Toilet Roll

Gregg Wallace explores the Manchester factory that produces 700,000 toilet rolls a day. He begins 940 miles away in Sweden, where the raw material - wood - is harvested from a sustainable forest of one billion spruce trees. Most of the wood is used for timber, but the offcuts are turned into sheets of wood pulp. Gregg follows this pulp to Manchester, where he learns that two types of wood fibre - long and short - are required for a loo roll, to give it strength but also softness. He watches as 3,750 kilos of fibre are combined with 34,000 litres of water and sprayed into a 40-metre-long, 11-metre-high paper-making machine. It takes just four seconds for the watery pulp mix to be transformed into soft, dry paper. It is then rolled onto a 1.2 tonne supersized toilet roll known as a 'mother reel'. Each one of these gives birth to 25,000 individual toilet rolls.

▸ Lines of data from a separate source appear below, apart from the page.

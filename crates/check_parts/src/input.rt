//! What an input holds.
ghost use Rattle.std.specs.Prelude.{◌≡◌, ◌≤◌, ◌^◌, IfSome, Some, length};
ghost use Rattle.check_parts.specs.BadInputs.{HasScript};
ghost use Rattle.check_parts.specs.Division.{division_of};
ghost use Rattle.check_parts.specs.Inputs.{IsScriptIn, ReadsInput, ReadsScript};
ghost use Rattle.check_parts.specs.declared.form.Form.TheVariants.{Check, Export};
ghost use Rattle.check_parts.specs.declared.form.Play.{Play};
ghost use Rattle.check_parts.specs.declared.limits.TheConstants.{MOST_CHECK_BYTES};
ghost use Rattle.script_ops.specs.declared.limits.TheConstants.{MOST_SCRIPT_BYTES};
ghost use Rattle.script_text.specs.Reading.{script_of};

use crate::bad_input::BadInput;
use crate::division::{Division, divide, journal_part, script_part};
use journal_text::ReadError;
use run_law::Journals;
use script_ops::Script;
use script_text::{ScriptError, read_script};
use std::alloc::Global;

/// Why an input was not read.
#[derive(Clone, Copy, Debug, PartialEq, Eq)]
pub enum InputError {
    /// Out of memory.
    NoMemory,
    /// This is wrong with it.
    Bad(BadInput),
}

/// A script, and the journals that are held out as those of a run of it.
#[derive(Drop)]
pub struct CheckInput {
    /// The script.
    pub script: Script,
    /// The journals.
    pub journals: Journals,
}

// The script that a text is.
fn script_of_text(alloc: Global, text: &[u8]) -> Result<Script, InputError>
    requires { length text.now ≤ 2 ^ 31 }
    ensures { IsScriptIn result (script_of text.now) }
{
    match read_script(alloc, text) {
        Ok(script) => Ok(script),
        Err(ScriptError::Bad(fault)) => Err(InputError::Bad(BadInput::BadScript(fault))),
        Err(ScriptError::NoMemory) => Err(InputError::NoMemory),
    }
}

/// The script of an input of an export, or what is wrong with the input.
pub fn script_in(alloc: Global, bytes: &[u8]) -> Result<Script, InputError>
    requires { length bytes.now ≤ MOST_SCRIPT_BYTES }
    ensures { (play : Play) → ReadsScript (Export play) bytes.now result }
{
    script_of_text(alloc, bytes)
}

/// The script of an input of a check, or what is wrong with it.
pub(crate) fn script_before(
    alloc: Global,
    bytes: &[u8],
    division: Option<Division>,
) -> Result<Script, InputError>
    requires few { length bytes.now ≤ MOST_CHECK_BYTES }
    requires divides { division ≡ division_of bytes.now }
    requires within { IfSome division (λ d. d.bytes ≤ length bytes.now) }
    ensures { ReadsScript Check bytes.now result }
{
    script_of_text(alloc, script_part(bytes, division))
}

// The script of an input of a check with the journals after it, or what is wrong with these.
fn with_journals(
    alloc: Global,
    bytes: &[u8],
    division: Division,
    script: Script,
) -> Result<CheckInput, InputError>
    requires few { length bytes.now ≤ MOST_CHECK_BYTES }
    requires divides { division_of bytes.now ≡ Some division }
    requires within { division.bytes ≤ length bytes.now }
    requires lines { division.lines ≤ division.bytes }
    requires script { HasScript Check bytes.now script }
    ensures { ReadsInput bytes.now result }
{
    match journal_text::read(alloc, journal_part(bytes, division), &script) {
        Ok(journals) => Ok(CheckInput { script, journals }),
        Err(ReadError::Bad { line }) => Err(InputError::Bad(BadInput::BadJournal {
            line: division.lines + line,
        })),
        Err(ReadError::NoMemory) => Err(InputError::NoMemory),
    }
}

/// The script and the journals of an input of a check, or what is wrong with it. The bytes are let go of.
pub fn held_in(alloc: Global, bytes: Vec<u8>) -> Result<CheckInput, InputError>
    requires { length bytes.items ≤ MOST_CHECK_BYTES }
    ensures { ReadsInput bytes.items result }
{
    let division = divide(&bytes);
    match script_before(alloc, &bytes, division) {
        Ok(script) => match division {
            Some(division) => with_journals(alloc, &bytes, division, script),
            None => Err(InputError::Bad(BadInput::NoJournal)),
        },
        Err(error) => Err(error),
    }
}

Meanwhile, Cherry Healey is at Britain's oldest toilet factory, where they churn out 1,000 loos a day. And she gets the bum deal of following the flush through the sewers and water treatment works of Brighton, finding out how sewage is cleared of debris, grease and bacteria, and transformed into clean water in a little over an hour after flushing. She has a cheeky encounter with a high-tech Japanese toilet and heads to Cranfield University to see a prototype toilet that does away with the need for water altogether. Could this be the toilet of the future that gives one-third of the world's population access to efficient sanitation?
Historian Ruth Goodman finds out what was used to wipe with before the invention of toilet paper. She discovers that the weapon of choice in the American midwest was a dried-out corn cob. And that it wasn't until the 1930s that toilet paper was guaranteed 'splinter free'. She is also in myth-busting mode, finally laying to rest the idea that Thomas Crapper invented the modern toilet. She heads into the House of Lords to check out an 18th-century flushing toilet, still in use today, and discovers that the Great Stink of 1858 expedited a period of sanitary invention that led to the toilet we know today.